Muzeum Historyczno-Archeologiczne w Ostrowcu Świętokrzyskim, które posiada swoją siedzibę na jego terenie, ogłosiło konkurs na zaprojektowanie takiego schronienia dla owadów.
Jak mówi edukator w muzeum Beata Celebańska, konkurs jest odpowiedzią na Święto Drzewa, od osiemnastu lat organizowane przez Klub Gaja. Polega głównie na sadzeniu drzew, jednak muzeum nie może ingerować w przyrodę rezerwatu. Postanowiono więc dopomóc owadom, które licznie występują w tamtym miejscu i przyrodniczo są ważne także dla drzew.
Celem konkursu jest zaprojektowanie i wykonanie autorskiej budki dla owadów.

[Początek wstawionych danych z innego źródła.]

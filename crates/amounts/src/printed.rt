// A refusal in words: its fault, its layer, and the slot where it concerns one.
ghost use Rattle.std.specs.Prelude.{Some};
ghost use Rattle.amounts.specs.Printed.{layer_text, refusal_text};

use crate::refusal::{Layer, Refusal};
use std::fmt;

// Spelled out, since a derived Debug states no text.
impl fmt::Display for Layer {
    ghost output = { λ layer. Some (layer_text layer) };

    fn fmt<W: fmt::Write>(&self, f: &mut fmt::Formatter<W>) -> fmt::Result {
        f.write_str(match self {
            Layer::Record => "Record",
            Layer::Book => "Book",
            Layer::Ledger => "Ledger",
            Layer::List => "List",
            Layer::Statement => "Statement",
        })
    }
}

impl fmt::Display for Refusal {
    ghost output = { λ refusal. Some (refusal_text refusal) };

    fn fmt<W: fmt::Write>(&self, f: &mut fmt::Formatter<W>) -> fmt::Result {
        let Refusal {
            number,
            layer,
            slot,
            ..
        } = *self;
        write!(f, "refused by fault {number} of the layer {layer}")?;
        if let Some(slot) = slot {
            write!(f, ", slot {slot}")?;
        }
        Ok(())
    }
}
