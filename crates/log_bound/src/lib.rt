// Theorems alone.
#![tactic(auto)]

Beata Celebańska podpowiada, że można użyć także surowców wtórnych, ale zachęca do kreatywnych realizacji.
Jacek Sobolak, leśnik z Nadleśnictwa Ostrowiec Świętokrzyski mówi, że na terenie rezerwatu występuje wiele gatunków owadów, także tych chronionych. Podkreśla, że domki przydają się nie tylko owadom pożytecznym, ale też tym, które uważamy za szkodliwe, jednak one także mają swoją rolę w przyrodzie. Dodaje, że najlepszy czas na umieszczenie budek, to wiosna, ponieważ późną jesienią owady, które muszą się schować na zimę, już to zrobiły.
– Takie budki będą służyć pszczołom murarkom, które się będą czerwić, a przez resztę sezonu innym owadom – wyjaśnia Jacek Sobolak.
Z budek mogą korzystać też: biedronki, złotooki, wszystkie gatunki trzmieli, osy. Jak dodaje leśnik, domki są potrzebne, ponieważ coraz mniej jest miejsc, w których mogą się chować, czy to stogi siana, czy stare drewniane budynki. Często pojawiają się w domach, aby móc przeżyć np. trudny zimowy czas.
Konkurs trwa do końca października. 7 listopada nastąpi rozstrzygnięcie, nagrody ufunduje Nadleśnictwo Ostrowiec Świętokrzyski. Budki prawdopodobnie zamontowane zostaną już jesienią, ale w pełni zostaną wykorzystane przez owady wiosną. Muzeum preferuje pracę zespołową, np. grupę znajomych, czy rodzinę, ale praca jednej osoby także będzie akceptowana.